[Saved entries]
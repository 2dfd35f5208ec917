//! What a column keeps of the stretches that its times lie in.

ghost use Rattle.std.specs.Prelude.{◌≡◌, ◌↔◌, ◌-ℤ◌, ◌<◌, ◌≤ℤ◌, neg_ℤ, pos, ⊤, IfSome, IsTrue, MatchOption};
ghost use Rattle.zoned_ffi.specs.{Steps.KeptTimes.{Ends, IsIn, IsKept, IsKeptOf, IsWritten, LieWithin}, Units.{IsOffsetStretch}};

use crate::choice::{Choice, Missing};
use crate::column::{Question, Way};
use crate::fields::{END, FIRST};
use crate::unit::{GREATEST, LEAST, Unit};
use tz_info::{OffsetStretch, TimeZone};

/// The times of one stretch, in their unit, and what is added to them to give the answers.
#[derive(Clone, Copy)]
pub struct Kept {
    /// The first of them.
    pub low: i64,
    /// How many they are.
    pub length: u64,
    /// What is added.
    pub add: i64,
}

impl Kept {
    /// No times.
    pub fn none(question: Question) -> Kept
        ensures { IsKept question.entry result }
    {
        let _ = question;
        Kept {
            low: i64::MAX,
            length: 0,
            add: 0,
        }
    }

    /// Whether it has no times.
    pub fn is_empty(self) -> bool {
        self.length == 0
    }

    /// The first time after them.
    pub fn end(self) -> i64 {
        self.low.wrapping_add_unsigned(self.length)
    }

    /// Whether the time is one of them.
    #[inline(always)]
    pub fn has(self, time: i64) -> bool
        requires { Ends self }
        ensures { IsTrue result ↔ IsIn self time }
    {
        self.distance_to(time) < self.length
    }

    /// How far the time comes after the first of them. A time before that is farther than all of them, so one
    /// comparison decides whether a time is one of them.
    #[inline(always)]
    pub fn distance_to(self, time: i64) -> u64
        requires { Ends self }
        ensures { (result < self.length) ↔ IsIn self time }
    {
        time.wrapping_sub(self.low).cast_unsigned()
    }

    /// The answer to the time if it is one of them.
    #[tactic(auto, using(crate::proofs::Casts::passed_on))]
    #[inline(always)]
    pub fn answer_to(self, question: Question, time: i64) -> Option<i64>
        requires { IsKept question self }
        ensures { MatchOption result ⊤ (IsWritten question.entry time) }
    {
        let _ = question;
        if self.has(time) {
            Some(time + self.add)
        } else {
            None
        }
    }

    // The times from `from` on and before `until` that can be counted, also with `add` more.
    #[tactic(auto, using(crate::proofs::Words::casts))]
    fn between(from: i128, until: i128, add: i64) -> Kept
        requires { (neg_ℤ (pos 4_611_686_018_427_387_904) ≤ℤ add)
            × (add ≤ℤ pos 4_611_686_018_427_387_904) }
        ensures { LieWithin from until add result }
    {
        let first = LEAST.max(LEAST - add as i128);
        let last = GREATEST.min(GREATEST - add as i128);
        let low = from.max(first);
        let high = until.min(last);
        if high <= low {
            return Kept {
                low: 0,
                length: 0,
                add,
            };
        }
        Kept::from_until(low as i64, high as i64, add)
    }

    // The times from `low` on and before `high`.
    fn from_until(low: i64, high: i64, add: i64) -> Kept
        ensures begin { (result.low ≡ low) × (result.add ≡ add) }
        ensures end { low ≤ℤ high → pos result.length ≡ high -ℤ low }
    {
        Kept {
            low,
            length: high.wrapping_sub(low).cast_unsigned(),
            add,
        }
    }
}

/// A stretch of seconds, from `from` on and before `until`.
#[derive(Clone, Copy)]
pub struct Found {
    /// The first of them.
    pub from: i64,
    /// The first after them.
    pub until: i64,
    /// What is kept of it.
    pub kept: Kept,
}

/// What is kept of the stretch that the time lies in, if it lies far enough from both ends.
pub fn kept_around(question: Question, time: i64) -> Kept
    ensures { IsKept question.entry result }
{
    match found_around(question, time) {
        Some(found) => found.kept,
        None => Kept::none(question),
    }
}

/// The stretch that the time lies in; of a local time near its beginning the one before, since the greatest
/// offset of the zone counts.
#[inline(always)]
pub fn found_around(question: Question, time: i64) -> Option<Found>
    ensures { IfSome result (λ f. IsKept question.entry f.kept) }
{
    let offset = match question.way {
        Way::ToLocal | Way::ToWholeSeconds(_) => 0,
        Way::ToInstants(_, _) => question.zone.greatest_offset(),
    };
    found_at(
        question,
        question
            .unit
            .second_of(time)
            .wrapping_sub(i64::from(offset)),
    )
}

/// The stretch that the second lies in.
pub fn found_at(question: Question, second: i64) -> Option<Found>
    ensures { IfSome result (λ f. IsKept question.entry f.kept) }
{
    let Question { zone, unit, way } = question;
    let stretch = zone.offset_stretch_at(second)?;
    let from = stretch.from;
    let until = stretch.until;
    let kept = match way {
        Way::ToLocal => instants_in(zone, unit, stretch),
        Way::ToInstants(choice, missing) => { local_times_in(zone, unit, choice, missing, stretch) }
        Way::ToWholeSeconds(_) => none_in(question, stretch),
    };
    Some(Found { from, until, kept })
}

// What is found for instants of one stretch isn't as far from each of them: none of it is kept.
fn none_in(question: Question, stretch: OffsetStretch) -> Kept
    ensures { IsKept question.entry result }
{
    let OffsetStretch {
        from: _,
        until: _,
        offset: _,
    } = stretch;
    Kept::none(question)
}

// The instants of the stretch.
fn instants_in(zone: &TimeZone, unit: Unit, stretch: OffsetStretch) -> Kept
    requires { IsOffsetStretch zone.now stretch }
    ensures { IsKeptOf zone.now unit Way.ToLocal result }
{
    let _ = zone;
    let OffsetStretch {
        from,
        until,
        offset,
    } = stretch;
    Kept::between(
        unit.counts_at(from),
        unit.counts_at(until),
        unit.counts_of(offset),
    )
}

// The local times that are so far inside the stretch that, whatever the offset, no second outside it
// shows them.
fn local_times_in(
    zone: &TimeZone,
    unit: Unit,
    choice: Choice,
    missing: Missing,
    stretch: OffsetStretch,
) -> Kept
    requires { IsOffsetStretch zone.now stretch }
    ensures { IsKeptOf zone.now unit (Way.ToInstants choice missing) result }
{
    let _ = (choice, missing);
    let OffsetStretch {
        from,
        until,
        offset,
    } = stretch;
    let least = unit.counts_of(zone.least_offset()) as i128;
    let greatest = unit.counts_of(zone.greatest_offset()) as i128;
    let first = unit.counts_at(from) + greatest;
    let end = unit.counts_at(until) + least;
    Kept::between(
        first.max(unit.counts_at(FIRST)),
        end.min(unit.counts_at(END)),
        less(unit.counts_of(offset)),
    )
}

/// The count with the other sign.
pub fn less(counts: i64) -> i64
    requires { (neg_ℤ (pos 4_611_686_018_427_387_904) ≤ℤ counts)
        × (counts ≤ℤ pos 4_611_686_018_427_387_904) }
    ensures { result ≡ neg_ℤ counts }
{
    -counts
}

--

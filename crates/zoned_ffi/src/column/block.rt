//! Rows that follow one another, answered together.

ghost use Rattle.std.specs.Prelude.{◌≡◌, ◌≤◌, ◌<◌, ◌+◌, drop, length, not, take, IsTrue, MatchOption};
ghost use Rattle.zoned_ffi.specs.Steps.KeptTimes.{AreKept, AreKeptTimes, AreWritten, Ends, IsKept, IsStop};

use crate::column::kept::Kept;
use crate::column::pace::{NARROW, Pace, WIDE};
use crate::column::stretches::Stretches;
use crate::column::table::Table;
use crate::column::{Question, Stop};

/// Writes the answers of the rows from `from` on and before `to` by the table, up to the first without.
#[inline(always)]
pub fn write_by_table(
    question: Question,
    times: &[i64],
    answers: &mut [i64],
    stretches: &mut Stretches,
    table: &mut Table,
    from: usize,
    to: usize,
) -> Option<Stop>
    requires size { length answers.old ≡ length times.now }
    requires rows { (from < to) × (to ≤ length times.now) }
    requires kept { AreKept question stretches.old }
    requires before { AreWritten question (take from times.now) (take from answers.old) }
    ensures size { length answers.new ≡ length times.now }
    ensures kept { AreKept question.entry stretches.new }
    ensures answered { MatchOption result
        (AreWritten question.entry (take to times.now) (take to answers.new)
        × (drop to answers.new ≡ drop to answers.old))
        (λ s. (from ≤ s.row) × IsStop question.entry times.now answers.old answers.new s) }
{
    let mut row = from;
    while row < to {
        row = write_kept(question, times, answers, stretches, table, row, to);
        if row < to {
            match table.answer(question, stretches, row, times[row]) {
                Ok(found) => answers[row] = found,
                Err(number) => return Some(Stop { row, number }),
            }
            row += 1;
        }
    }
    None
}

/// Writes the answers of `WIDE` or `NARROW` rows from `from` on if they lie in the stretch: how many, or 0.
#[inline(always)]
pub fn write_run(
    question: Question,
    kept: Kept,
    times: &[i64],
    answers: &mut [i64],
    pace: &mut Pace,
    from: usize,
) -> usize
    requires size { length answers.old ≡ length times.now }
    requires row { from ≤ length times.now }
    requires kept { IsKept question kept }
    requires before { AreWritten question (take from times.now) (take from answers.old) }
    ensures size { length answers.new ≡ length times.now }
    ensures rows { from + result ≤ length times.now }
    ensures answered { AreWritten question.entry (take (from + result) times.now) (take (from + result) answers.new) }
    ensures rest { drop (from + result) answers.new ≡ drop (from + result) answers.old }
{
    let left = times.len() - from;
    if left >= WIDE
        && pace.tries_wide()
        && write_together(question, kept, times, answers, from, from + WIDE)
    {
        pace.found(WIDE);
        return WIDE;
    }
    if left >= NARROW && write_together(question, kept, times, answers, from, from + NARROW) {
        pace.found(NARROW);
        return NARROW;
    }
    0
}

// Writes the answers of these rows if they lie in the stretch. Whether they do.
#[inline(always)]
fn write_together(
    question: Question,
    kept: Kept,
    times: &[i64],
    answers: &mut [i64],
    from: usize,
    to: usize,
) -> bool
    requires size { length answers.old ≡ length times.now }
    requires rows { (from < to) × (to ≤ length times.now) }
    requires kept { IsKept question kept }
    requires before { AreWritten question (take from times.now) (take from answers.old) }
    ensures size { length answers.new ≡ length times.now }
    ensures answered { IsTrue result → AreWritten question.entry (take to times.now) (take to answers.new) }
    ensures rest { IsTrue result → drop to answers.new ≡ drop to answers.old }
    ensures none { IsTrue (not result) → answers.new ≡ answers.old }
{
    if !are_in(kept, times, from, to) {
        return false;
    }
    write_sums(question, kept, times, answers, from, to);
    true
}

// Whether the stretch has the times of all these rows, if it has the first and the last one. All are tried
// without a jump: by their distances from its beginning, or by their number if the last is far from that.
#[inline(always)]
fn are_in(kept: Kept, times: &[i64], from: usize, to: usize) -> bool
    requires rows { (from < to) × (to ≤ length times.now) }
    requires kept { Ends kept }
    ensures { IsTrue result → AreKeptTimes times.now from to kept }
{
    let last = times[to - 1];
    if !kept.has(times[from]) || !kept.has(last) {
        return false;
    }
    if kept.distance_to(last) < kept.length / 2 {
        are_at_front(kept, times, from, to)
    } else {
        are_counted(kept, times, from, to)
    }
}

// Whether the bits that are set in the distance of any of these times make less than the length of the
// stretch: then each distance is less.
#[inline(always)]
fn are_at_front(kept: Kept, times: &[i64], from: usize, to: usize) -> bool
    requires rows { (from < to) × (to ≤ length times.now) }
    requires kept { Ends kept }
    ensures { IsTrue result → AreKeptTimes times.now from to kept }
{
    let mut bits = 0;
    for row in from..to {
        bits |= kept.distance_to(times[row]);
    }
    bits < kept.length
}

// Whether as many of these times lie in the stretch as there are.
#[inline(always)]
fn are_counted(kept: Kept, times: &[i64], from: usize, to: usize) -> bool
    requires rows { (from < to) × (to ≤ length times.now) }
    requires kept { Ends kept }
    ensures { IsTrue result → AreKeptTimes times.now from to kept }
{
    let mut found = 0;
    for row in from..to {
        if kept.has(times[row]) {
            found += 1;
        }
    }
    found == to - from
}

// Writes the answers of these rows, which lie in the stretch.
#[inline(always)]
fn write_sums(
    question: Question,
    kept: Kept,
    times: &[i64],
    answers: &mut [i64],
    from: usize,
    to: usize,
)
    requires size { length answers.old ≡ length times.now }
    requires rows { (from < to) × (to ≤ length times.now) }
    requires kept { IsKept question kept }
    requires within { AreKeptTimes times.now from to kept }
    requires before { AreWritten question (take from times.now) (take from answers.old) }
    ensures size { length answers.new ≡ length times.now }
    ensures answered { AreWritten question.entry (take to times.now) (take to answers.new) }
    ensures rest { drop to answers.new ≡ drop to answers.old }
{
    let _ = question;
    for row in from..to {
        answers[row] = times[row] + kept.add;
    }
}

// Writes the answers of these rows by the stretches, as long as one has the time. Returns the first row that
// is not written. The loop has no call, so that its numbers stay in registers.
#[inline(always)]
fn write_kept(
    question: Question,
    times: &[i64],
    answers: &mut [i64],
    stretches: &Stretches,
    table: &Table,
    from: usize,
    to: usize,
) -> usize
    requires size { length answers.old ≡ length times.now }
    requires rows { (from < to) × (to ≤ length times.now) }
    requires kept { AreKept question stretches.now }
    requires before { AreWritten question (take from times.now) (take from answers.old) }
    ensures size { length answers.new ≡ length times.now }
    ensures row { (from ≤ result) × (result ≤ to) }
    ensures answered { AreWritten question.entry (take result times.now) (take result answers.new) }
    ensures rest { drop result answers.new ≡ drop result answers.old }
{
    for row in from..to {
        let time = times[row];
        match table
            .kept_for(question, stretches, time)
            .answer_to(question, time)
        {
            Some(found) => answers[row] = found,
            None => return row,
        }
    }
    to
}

==

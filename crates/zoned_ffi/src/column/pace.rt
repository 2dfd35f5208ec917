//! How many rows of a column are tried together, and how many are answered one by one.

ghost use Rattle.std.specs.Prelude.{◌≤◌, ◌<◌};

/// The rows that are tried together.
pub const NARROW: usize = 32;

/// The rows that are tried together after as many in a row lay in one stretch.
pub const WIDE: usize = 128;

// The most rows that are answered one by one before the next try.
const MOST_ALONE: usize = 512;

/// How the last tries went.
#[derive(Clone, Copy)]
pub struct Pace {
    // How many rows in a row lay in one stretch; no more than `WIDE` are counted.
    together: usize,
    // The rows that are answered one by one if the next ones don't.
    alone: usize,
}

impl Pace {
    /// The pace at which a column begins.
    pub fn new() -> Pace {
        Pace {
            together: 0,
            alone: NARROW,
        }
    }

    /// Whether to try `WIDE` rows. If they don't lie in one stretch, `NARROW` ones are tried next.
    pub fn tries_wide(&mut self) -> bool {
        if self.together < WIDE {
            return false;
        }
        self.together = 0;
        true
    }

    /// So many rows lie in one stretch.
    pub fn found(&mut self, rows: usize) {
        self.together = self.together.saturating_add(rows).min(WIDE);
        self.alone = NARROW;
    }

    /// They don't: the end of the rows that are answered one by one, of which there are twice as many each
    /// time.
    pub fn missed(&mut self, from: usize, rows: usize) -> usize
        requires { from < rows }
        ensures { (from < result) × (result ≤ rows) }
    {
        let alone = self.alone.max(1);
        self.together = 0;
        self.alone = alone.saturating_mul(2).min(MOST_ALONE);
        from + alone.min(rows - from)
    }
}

## YOUR GOAL
Copy out each line of the data above, exactly, if it lies between the line holding "A stretch of" and the line holding "pub fn found_at(question: Question, second: i64)", inclusive; copy no other line.

## RESULT OF THIS TASK
/// A stretch of seconds, from `from` on and before `until`.
#[derive(Clone, Copy)]
pub struct Found {
    /// The first of them.
    pub from: i64,
    /// The first after them.
    pub until: i64,
    /// What is kept of it.
    pub kept: Kept,
}

/// What is kept of the stretch that the time lies in, if it lies far enough from both ends.
pub fn kept_around(question: Question, time: i64) -> Kept
    ensures { IsKept question.entry result }
{
    match found_around(question, time) {
        Some(found) => found.kept,
        None => Kept::none(question),
    }
}

/// The stretch that the time lies in; of a local time near its beginning the one before, since the greatest
/// offset of the zone counts.
#[inline(always)]
pub fn found_around(question: Question, time: i64) -> Option<Found>
    ensures { IfSome result (λ f. IsKept question.entry f.kept) }
{
    let offset = match question.way {
        Way::ToLocal | Way::ToWholeSeconds(_) => 0,
        Way::ToInstants(_, _) => question.zone.greatest_offset(),
    };
    found_at(
        question,
        question
            .unit
            .second_of(time)
            .wrapping_sub(i64::from(offset)),
    )
}

/// The stretch that the second lies in.
pub fn found_at(question: Question, second: i64) -> Option<Found>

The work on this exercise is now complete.